(What the task asks): Check every line of the data below for the word "right". Copy the ones that have it.

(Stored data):
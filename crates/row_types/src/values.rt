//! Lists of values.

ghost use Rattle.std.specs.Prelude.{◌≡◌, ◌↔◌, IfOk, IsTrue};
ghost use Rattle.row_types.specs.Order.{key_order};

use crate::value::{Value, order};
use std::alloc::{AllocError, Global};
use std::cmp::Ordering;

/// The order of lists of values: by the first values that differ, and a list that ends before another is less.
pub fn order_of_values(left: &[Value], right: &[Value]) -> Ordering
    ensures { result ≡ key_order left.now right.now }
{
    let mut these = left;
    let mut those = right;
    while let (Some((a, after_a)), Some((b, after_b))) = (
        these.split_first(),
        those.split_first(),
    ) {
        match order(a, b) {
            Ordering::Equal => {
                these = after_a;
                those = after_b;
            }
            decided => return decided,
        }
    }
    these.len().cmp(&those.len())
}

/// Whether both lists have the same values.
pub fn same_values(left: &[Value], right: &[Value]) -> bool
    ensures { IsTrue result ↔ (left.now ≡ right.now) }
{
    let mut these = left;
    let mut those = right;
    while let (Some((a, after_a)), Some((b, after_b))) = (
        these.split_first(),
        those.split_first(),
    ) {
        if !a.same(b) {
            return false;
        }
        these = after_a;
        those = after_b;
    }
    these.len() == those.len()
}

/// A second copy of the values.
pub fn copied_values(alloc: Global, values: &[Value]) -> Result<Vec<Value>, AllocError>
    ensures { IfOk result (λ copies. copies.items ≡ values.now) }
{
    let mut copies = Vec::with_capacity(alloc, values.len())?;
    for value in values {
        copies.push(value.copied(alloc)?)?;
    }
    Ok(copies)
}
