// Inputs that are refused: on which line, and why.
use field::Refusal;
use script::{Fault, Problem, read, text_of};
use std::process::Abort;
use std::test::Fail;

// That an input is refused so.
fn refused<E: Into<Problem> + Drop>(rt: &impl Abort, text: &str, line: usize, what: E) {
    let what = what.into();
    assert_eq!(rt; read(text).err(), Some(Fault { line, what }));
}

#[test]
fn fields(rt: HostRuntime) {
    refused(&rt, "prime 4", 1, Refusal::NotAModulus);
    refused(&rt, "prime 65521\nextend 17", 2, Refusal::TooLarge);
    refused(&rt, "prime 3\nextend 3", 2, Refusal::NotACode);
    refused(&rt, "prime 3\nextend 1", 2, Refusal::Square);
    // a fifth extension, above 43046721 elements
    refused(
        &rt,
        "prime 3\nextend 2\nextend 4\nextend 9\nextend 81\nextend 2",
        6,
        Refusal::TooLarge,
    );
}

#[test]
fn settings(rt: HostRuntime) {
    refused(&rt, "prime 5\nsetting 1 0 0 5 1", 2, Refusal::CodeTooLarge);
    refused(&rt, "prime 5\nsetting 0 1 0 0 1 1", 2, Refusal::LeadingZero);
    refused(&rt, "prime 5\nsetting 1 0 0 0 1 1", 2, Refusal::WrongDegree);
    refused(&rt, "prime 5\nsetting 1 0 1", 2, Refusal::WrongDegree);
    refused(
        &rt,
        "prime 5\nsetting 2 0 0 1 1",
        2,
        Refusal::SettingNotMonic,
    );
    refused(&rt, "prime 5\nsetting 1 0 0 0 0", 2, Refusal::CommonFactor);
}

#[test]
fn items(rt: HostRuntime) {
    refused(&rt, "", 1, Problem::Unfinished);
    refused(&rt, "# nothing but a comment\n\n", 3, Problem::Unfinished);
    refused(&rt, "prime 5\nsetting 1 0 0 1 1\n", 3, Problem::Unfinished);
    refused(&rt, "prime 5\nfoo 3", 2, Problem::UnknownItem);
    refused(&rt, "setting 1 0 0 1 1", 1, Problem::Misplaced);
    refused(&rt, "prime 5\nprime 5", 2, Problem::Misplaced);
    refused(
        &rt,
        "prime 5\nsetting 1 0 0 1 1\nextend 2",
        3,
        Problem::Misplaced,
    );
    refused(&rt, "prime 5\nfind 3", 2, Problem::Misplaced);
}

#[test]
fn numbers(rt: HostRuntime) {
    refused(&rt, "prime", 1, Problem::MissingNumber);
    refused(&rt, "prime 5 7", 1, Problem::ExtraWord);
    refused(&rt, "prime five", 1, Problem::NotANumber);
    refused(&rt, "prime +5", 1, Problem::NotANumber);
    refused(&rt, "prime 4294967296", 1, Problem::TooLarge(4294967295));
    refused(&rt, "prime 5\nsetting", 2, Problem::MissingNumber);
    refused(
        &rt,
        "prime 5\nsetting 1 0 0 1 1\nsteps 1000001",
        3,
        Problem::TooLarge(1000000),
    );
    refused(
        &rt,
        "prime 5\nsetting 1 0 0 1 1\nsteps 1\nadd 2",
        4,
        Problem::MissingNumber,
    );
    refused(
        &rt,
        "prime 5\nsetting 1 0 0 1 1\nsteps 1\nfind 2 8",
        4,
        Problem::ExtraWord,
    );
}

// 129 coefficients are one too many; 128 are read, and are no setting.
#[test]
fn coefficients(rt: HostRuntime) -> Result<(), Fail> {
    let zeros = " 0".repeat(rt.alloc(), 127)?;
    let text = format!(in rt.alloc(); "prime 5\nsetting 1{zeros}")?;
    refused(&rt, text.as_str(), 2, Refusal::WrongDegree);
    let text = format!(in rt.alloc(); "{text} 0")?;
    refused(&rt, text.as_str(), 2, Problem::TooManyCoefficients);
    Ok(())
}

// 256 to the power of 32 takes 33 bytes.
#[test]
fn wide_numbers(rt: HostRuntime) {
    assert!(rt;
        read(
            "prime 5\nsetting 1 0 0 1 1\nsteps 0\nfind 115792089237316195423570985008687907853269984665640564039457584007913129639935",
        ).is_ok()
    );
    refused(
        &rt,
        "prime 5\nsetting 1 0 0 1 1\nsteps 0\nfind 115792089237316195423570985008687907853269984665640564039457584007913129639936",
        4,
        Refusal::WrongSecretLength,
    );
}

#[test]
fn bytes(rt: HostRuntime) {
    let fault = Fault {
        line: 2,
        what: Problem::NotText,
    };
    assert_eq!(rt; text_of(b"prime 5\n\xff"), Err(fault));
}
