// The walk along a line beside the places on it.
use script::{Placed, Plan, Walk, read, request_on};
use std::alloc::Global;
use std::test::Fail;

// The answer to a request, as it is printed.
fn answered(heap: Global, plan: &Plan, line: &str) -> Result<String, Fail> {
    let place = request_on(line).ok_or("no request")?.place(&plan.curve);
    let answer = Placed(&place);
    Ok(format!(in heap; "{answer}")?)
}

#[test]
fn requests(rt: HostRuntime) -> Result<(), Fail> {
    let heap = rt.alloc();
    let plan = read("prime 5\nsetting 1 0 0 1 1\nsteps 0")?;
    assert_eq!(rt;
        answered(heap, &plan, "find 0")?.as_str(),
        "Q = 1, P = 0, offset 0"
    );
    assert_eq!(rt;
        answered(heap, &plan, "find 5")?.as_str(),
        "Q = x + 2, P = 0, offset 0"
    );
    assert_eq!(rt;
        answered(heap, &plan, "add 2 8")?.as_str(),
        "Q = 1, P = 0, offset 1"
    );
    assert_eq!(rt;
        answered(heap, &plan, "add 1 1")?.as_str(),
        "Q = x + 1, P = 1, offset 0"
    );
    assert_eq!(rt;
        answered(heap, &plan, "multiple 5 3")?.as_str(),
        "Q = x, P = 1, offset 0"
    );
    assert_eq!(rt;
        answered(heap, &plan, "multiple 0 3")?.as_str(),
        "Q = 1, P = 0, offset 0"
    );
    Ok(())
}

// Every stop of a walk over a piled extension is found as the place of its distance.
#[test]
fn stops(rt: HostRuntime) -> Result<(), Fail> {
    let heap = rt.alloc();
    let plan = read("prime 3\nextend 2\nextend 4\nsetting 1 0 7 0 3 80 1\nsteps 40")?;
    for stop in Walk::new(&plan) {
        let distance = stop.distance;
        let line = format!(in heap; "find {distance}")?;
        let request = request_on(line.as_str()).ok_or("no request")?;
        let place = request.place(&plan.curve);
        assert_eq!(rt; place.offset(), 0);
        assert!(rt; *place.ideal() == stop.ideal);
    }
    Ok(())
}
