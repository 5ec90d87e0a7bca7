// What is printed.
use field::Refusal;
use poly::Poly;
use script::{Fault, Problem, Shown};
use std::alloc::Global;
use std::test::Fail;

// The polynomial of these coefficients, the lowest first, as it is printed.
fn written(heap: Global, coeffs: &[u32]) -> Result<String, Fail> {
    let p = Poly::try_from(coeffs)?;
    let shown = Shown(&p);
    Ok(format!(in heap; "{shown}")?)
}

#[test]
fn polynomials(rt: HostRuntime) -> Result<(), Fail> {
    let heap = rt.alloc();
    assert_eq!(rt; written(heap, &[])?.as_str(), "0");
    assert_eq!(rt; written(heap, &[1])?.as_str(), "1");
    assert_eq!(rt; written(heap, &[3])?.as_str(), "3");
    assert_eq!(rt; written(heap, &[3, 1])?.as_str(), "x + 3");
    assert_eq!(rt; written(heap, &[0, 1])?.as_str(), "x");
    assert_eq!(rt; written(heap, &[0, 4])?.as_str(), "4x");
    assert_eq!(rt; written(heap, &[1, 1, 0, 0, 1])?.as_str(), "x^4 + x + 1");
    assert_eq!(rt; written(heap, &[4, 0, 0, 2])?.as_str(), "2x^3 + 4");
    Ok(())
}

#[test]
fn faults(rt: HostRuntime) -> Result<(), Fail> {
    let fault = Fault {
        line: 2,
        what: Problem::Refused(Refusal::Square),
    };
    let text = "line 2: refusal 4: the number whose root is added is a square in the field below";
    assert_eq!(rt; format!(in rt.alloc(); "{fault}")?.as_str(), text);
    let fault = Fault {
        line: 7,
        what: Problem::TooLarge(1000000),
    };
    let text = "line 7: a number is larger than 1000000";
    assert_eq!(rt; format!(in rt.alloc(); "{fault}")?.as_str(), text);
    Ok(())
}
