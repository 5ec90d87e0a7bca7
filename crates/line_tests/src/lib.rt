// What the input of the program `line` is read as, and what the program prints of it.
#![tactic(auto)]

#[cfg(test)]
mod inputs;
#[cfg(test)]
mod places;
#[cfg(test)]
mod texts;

(Answer box):
pub fn order_of_values(left: &[Value], right: &[Value]) -> Ordering
    ensures { result ≡ key_order left.now right.now }
    let mut those = right;
pub fn same_values(left: &[Value], right: &[Value]) -> bool
    ensures { IsTrue result ↔ (left.now ≡ right.now) }
    let mut those = right;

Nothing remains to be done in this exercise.